Search code examples
pythonpython-3.xstringsearchlevenshtein-distance

Python string similarity (with complexity)


I have a string I would like to match against a list of candidates. Here is an example:

# ignore case
string = "The Shining" # The Stanley Kubrick Movie
candidates = ['Shining', 'The shins', 'Shining, The'] 
most_similar(string, candidates)
==> 'Shining, The'

Doing a "literal string comparison", I usually use the Levenshtein distance or ratio in this case. However, I'd like to do a more sophisticated similarity test so that the best match in the above case is Shining, The.

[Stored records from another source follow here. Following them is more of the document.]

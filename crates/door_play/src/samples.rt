// The doors that take samples of speech.
use crate::buffers;
use crate::buffers::MARK;
use lpc::LpcSet;
use pitch::HnsParams;

// Pulses of 1 and 0.75, 40 samples apart, over a small hum.
fn pulses() -> [f32; 265] {
    let mut wbuf = [0.125; 265];
    wbuf[105] = 0.75;
    wbuf[145] = 1.0;
    wbuf[185] = 0.75;
    wbuf[225] = 1.0;
    wbuf
}

pub fn analysis() -> bool {
    let mut window = [0.25; 180];
    window[30] = 1.0;
    window[71] = -0.5;
    buffers::hold(
        |window, (a, r, k2)| c_api::g7231_bare_lpc_analysis(window, a, r, k2),
        [(&window[..179], 1)],
        &window[..],
        ([MARK; 11], [77.0; 11], MARK),
        lpc::lpc_analysis(&window).map(|LpcSet { a, r, k2 }| (a, r, k2)),
    )
}

pub fn pitch() -> bool {
    let wbuf = pulses();
    buffers::hold(
        |half, lag| c_api::g7231_bare_open_loop_pitch(142, &wbuf, half, lag),
        [(2, 2)],
        0,
        77,
        pitch::open_loop_pitch(142, &wbuf, 0),
    )
}

pub fn shaping() -> bool {
    let wbuf = pulses();
    buffers::hold(
        |l_ol, lent| {
            c_api::g7231_bare_harmonic_noise_shaping(
                142,
                &wbuf,
                145,
                l_ol,
                &mut lent.lag,
                &mut lent.beta,
            )
        },
        [(17, 4)],
        40,
        HnsParams {
            lag: 77,
            beta: MARK,
        },
        pitch::harmonic_noise_shaping(142, &wbuf, 145, 40),
    )
}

I'm guessing that this is a common issue that has probably been solved extensively, so I was wondering what library/tool/etc. might be the best way to get what I'm trying to do?


Solution

  • You're looking for the gensim or fuzzywuzzy package.

    In this specific case, you're probably leaning towards fuzzywuzzy since you are just trying to do a string match.

    gensim is more for calculating similarity scores and vector representations for documents, paragraphs, sentences, words, corpora, etc... with the goal of capturing semantic/topical meaning rather than literal string matching.

    So in your case, using fuzzy string matching, you might do:

    from fuzzywuzzy import fuzz
    
    fuzz.partial_ratio('Shining', 'The shins')
    >>> 50 
    
    fuzz.partial_ratio('Shining', 'Shining, The')
    >>> 100
    
    fuzz.partial_ratio('Shining', 'unrelated')
    >>> 14
    

    The partial_ratio function is case sensitive, so you might want to lowercase all of your inputs. It'll output a score between 0 and 100 (100 being a very strong match). It's up to you how you filter out matches from there, maybe use a threshold: if score > 75: its a match.

    I would recommend looking into the different functions in the fuzzywuzzy package, see what works best for you're case.